_EXERCISE DESCRIPTION:_
Please show all lines of the records that include "Prelude".
=-=-=-=-=
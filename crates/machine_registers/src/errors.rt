//! The errors that a machine notes.

ghost use Rattle.std.specs.Prelude.{◌≡◌, ◌∷◌, [], ◌++◌, codes, IfOk, OnOk};
ghost use Rattle.fdb_tuple.specs.Tuples.{Empty, Single};
ghost use Rattle.fdb_tuple.specs.Tuples as scalar;
ghost use Rattle.fdb_tuple.specs.Listed.{elements_of};
ghost use Rattle.model_machine.specs.Machines.{error_item};

use fdb_tuple::{Elem, PushFault, Tuple, pack};
use key_bytes::Bytes;
use lists::List;
use model_machine::ErrorNote;
use stack_directories::digits_of;
use std::alloc::{AllocError, Global};

/// The errors that a machine noted, in the order in which they arose.
pub type Errors = List<ErrorNote>;

/// Makes the item that tells of a code.
pub fn error_item(alloc: Global, code: u16) -> Result<Elem, AllocError>
    ensures { IfOk result (λ item. item ≡ error_item code) }
{
    let tuple = error_tuple(alloc, digits_of(alloc, code)?)?;
    Ok(Elem::Bytes(pack(alloc, &tuple)?))
}

fn error_tuple(alloc: Global, digits: Bytes) -> Result<Tuple, AllocError>
    ensures { IfOk result (λ tuple. tuple ≡ Single (scalar.Bytes (codes "ERROR")) (Single (scalar.Bytes digits) Empty)) }
{
    let mut tuple = Tuple::new(alloc);
    add(&mut tuple, Bytes::from_slice(alloc, b"ERROR")?)?;
    add(&mut tuple, digits)?;
    Ok(tuple)
}

fn add(tuple: &mut Tuple, bytes: Bytes) -> Result<(), AllocError>
    ensures { OnOk result (elements_of tuple.new ≡ elements_of tuple.old ++ Elem.Bytes bytes ∷ []) }
{
    match tuple.push(Elem::Bytes(bytes)) {
        Ok(()) => Ok(()),
        Err(PushFault::TooDeep | PushFault::NoMemory) => Err(AllocError),
    }
}
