//! Calls that read, by the operands of an instruction.

ghost use Rattle.std.specs.Prelude.{◌≡◌};
ghost use Rattle.model_machine.specs.Calls.{get_call, get_key_call, get_range_call, get_range_starts_with_call, get_range_selector_call};
ghost use Rattle.model_machine.specs.Calls.{is_snapshot, selector_operand, options_operand, get_between};
ghost use Rattle.stack_items.specs.Looks.{Looks, LooksUnlessFull};

use crate::call::{Call, prefix_end};
use fdb_calls::TxnCall;
use key_bytes::{Key, KeyRange};
use model_database::{RangeOptions, Selector};
use model_machine::{Awaits, Scope};
use stack_items::{Operands, StackFault};
use std::alloc::Global;

pub fn get_call(operands: &mut Operands<'_>, scope: Scope) -> Result<Call, StackFault>
    ensures { LooksUnlessFull (λ call. call) result (get_call scope) operands.old operands.new }
{
    let key = operands.copied_bytes()?;
    let call = TxnCall::Get {
        key,
        snapshot: is_snapshot(scope),
    };
    Ok((call, Awaits::Value))
}

pub fn get_key_call(operands: &mut Operands<'_>, scope: Scope) -> Result<Call, StackFault>
    ensures { LooksUnlessFull (λ call. call) result (get_key_call scope) operands.old operands.new }
{
    let selector = selector_operand(operands)?;
    let prefix = operands.copied_bytes()?;
    let call = TxnCall::GetKey {
        selector,
        snapshot: is_snapshot(scope),
    };
    Ok((call, Awaits::Key { prefix }))
}

pub fn get_range_call(operands: &mut Operands<'_>, scope: Scope) -> Result<Call, StackFault>
    ensures { LooksUnlessFull (λ call. call) result (get_range_call scope) operands.old operands.new }
{
    let begin = operands.copied_bytes()?;
    let end = operands.copied_bytes()?;
    let options = options_operand(operands)?;
    Ok((get_between(scope, begin, end, options), Awaits::Pairs))
}

pub fn get_range_starts_with_call(
    operands: &mut Operands<'_>,
    alloc: Global,
    scope: Scope,
) -> Result<Call, StackFault>
    ensures { LooksUnlessFull (λ call. call) result (get_range_starts_with_call scope) operands.old operands.new }
{
    let begin = operands.copied_bytes()?;
    let options = options_operand(operands)?;
    let end = prefix_end(alloc, &begin)?;
    Ok((get_between(scope, begin, end, options), Awaits::Pairs))
}

pub fn get_range_selector_call(
    operands: &mut Operands<'_>,
    scope: Scope,
) -> Result<Call, StackFault>
    ensures { LooksUnlessFull (λ call. call) result (get_range_selector_call scope) operands.old operands.new }
{
    let begin = selector_operand(operands)?;
    let end = selector_operand(operands)?;
    let options = options_operand(operands)?;
    let prefix = operands.copied_bytes()?;
    let call = TxnCall::GetRange {
        begin,
        end,
        options,
        snapshot: is_snapshot(scope),
    };
    Ok((call, Awaits::PairsWithin { prefix }))
}

fn get_between(scope: Scope, begin: Key, end: Key, options: RangeOptions) -> TxnCall
    ensures { result ≡ get_between scope begin end options }
{
    TxnCall::GetKeyRange {
        range: KeyRange { begin, end },
        options,
        snapshot: is_snapshot(scope),
    }
}

// Whether a read in this scope is by snapshot.
fn is_snapshot(scope: Scope) -> bool
    ensures { result ≡ is_snapshot scope }
{
    matches!(scope, Scope::Snapshot)
}

// A selector: its key, whether a key that equals it counts among those before, and its offset.
fn selector_operand(operands: &mut Operands<'_>) -> Result<Selector, StackFault>
    ensures { LooksUnlessFull (λ selector. selector) result selector_operand operands.old operands.new }
{
    let key = operands.copied_bytes()?;
    let or_equal = operands.flag()?;
    let offset = operands.offset()?;
    Ok(Selector {
        key,
        or_equal,
        offset,
    })
}

// How a range is read: the limit, whether reversed, and the mode.
fn options_operand(operands: &mut Operands<'_>) -> Result<RangeOptions, StackFault>
    ensures { Looks (λ options. options) result options_operand operands.old operands.new }
{
    let limit = operands.limit()?;
    let reverse = operands.flag()?;
    let mode = operands.mode()?;
    Ok(RangeOptions {
        limit,
        reverse,
        mode,
    })
}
=-=-=-=-=
_RESPONSE AREA:_
ghost use Rattle.std.specs.Prelude.{◌≡◌, ◌∷◌, [], ◌++◌, codes, IfOk, OnOk};
ghost use Rattle.std.specs.Prelude.{◌≡◌};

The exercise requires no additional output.